** Opening Data shown block **

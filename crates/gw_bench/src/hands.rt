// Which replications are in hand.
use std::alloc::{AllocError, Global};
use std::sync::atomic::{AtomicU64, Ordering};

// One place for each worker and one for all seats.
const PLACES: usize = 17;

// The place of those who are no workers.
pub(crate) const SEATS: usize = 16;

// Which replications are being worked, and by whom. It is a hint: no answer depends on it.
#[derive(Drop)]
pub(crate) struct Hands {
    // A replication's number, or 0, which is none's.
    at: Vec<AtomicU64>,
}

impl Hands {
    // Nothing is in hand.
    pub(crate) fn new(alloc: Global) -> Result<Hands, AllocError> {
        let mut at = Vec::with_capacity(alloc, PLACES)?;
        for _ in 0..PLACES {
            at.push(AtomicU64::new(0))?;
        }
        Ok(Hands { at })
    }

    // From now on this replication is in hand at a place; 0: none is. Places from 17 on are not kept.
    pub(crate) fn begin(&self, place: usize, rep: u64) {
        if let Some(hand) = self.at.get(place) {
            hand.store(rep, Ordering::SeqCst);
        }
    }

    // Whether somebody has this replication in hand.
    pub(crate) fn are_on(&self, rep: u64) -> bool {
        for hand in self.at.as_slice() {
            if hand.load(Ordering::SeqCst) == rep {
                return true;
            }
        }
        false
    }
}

** Closing Data shown block **
** Opening Data shown block **

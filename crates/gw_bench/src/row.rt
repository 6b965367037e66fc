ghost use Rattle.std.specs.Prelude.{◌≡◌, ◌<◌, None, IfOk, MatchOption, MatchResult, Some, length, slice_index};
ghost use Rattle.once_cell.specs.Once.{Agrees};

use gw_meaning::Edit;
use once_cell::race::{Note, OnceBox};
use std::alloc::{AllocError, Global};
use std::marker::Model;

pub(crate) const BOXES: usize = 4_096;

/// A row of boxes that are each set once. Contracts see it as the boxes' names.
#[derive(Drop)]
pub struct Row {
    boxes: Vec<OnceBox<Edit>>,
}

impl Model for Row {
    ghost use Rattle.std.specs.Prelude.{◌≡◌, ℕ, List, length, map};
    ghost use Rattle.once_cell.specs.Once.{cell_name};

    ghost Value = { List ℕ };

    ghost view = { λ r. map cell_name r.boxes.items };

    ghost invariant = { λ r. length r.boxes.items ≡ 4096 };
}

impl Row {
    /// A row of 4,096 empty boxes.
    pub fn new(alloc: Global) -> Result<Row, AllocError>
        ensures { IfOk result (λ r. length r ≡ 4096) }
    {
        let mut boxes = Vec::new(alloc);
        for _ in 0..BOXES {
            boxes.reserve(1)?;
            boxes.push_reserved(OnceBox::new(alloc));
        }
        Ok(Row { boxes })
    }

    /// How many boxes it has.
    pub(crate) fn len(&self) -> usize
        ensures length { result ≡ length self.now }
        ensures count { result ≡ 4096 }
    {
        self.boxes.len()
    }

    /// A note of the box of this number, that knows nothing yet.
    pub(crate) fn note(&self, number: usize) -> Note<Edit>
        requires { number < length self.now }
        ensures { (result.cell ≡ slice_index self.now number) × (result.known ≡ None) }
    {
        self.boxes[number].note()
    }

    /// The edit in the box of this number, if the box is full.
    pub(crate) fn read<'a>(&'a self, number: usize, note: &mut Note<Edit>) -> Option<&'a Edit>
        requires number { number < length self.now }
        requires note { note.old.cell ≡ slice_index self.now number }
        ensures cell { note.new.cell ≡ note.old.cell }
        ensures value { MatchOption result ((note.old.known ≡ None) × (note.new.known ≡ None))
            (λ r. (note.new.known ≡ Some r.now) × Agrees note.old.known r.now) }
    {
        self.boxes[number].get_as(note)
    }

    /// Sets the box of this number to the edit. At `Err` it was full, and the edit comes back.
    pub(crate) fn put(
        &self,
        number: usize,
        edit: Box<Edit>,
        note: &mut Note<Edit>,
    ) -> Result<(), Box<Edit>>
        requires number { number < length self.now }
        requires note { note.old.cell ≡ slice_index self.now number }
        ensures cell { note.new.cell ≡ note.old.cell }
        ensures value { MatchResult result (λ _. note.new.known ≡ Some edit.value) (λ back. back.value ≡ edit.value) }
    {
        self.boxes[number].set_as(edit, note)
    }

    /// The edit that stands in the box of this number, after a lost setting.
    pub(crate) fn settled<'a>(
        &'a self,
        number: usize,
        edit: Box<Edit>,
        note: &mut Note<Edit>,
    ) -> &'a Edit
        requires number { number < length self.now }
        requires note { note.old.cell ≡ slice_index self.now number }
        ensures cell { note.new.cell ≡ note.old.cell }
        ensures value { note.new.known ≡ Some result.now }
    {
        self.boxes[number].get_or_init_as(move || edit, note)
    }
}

** Closing Data shown block **
** Opening Data shown block **

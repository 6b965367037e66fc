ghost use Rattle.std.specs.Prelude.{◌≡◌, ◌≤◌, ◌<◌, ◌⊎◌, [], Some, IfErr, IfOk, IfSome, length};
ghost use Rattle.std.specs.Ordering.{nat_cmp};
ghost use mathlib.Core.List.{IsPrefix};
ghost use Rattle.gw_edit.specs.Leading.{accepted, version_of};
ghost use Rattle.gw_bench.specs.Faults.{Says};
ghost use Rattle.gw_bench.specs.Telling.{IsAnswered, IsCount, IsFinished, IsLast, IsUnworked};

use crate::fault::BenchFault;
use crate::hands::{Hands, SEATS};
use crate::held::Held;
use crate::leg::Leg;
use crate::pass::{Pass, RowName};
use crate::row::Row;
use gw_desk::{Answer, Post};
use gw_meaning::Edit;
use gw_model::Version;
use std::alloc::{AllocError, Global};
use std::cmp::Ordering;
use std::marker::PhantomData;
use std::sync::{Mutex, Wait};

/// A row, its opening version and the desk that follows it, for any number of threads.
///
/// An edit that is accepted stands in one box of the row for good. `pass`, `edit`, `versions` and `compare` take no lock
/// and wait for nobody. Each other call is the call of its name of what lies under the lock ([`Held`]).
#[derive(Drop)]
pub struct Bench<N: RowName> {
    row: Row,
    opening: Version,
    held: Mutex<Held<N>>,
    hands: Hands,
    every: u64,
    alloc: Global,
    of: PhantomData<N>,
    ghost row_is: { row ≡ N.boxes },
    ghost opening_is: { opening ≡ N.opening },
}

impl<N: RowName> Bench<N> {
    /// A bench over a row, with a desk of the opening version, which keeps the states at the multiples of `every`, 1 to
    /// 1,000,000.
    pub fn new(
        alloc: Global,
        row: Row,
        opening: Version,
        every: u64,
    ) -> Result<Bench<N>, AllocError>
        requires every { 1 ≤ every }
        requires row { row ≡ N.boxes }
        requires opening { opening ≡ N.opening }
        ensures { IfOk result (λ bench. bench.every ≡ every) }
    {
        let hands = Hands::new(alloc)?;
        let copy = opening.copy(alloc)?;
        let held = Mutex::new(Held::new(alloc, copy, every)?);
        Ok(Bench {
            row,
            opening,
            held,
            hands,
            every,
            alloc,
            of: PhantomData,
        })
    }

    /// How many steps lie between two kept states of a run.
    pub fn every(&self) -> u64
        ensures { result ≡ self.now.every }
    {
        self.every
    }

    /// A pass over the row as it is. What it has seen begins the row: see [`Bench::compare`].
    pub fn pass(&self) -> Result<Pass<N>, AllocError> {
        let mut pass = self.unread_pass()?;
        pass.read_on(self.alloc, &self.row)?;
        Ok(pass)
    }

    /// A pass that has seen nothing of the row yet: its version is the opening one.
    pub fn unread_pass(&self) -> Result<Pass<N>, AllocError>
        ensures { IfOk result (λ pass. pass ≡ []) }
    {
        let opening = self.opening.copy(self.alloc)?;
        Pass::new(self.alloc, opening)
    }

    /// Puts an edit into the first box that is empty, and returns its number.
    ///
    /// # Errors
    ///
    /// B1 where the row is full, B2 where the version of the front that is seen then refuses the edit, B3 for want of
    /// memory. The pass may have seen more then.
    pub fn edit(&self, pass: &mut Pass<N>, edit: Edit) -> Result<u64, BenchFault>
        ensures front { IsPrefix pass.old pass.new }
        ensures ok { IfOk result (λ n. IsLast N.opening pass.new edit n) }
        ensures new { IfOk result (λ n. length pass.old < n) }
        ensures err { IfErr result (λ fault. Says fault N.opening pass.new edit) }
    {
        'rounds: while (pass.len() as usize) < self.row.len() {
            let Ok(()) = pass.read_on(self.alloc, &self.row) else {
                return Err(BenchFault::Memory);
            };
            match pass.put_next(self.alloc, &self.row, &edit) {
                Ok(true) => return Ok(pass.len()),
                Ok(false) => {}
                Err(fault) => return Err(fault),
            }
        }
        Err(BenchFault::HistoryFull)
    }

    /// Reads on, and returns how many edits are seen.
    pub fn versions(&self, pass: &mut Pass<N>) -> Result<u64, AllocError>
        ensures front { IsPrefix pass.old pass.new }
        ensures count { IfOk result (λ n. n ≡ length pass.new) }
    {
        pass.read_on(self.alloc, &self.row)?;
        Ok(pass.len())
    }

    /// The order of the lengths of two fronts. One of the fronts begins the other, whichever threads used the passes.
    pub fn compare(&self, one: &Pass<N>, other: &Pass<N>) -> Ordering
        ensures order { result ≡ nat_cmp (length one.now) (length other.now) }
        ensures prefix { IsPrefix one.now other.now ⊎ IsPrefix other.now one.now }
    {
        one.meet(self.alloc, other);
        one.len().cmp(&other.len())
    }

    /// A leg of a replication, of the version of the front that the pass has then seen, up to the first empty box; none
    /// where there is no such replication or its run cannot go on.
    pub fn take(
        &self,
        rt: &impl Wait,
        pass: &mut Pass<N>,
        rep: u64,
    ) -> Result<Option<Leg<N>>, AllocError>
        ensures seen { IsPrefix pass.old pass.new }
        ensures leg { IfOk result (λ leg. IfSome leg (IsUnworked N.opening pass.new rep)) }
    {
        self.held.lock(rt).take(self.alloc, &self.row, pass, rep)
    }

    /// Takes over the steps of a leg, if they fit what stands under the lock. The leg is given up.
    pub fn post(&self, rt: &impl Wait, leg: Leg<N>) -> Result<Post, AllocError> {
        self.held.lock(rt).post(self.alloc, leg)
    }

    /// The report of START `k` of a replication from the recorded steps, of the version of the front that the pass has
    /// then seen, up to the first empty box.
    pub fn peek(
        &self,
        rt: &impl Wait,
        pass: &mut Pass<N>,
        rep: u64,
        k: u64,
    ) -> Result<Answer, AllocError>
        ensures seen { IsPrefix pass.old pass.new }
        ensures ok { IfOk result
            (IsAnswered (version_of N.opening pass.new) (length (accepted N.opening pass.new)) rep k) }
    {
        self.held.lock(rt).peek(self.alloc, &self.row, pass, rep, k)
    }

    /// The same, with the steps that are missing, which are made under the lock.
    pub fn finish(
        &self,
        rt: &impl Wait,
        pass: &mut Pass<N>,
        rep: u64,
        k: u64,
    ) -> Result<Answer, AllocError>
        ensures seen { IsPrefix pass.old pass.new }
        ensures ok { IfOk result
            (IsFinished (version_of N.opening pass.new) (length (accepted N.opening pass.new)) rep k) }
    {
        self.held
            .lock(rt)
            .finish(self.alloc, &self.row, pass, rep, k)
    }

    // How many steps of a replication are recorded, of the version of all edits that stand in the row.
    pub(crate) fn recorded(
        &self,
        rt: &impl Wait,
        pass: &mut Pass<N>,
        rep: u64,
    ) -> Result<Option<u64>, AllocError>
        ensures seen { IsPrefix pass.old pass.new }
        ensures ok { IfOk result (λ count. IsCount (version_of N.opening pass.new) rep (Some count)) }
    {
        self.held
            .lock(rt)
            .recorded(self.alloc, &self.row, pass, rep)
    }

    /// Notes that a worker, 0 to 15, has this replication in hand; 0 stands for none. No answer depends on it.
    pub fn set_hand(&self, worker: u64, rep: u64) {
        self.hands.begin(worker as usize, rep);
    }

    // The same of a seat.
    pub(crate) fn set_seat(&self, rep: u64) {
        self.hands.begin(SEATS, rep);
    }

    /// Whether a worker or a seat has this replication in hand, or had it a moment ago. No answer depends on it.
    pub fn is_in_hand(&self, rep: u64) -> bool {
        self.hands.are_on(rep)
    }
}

** Closing Data shown block **

[Task to complete]
I'd like the lines above from the one with "while (pass.len() as" up to and including the one with "empty box; none" copied exactly, with no other lines.

[Written answer]
        'rounds: while (pass.len() as usize) < self.row.len() {
            let Ok(()) = pass.read_on(self.alloc, &self.row) else {
                return Err(BenchFault::Memory);
            };
            match pass.put_next(self.alloc, &self.row, &edit) {
                Ok(true) => return Ok(pass.len()),
                Ok(false) => {}
                Err(fault) => return Err(fault),
            }
        }
        Err(BenchFault::HistoryFull)
    }

    /// Reads on, and returns how many edits are seen.
    pub fn versions(&self, pass: &mut Pass<N>) -> Result<u64, AllocError>
        ensures front { IsPrefix pass.old pass.new }
        ensures count { IfOk result (λ n. n ≡ length pass.new) }
    {
        pass.read_on(self.alloc, &self.row)?;
        Ok(pass.len())
    }

    /// The order of the lengths of two fronts. One of the fronts begins the other, whichever threads used the passes.
    pub fn compare(&self, one: &Pass<N>, other: &Pass<N>) -> Ordering
        ensures order { result ≡ nat_cmp (length one.now) (length other.now) }
        ensures prefix { IsPrefix one.now other.now ⊎ IsPrefix other.now one.now }
    {
        one.meet(self.alloc, other);
        one.len().cmp(&other.len())
    }

    /// A leg of a replication, of the version of the front that the pass has then seen, up to the first empty box; none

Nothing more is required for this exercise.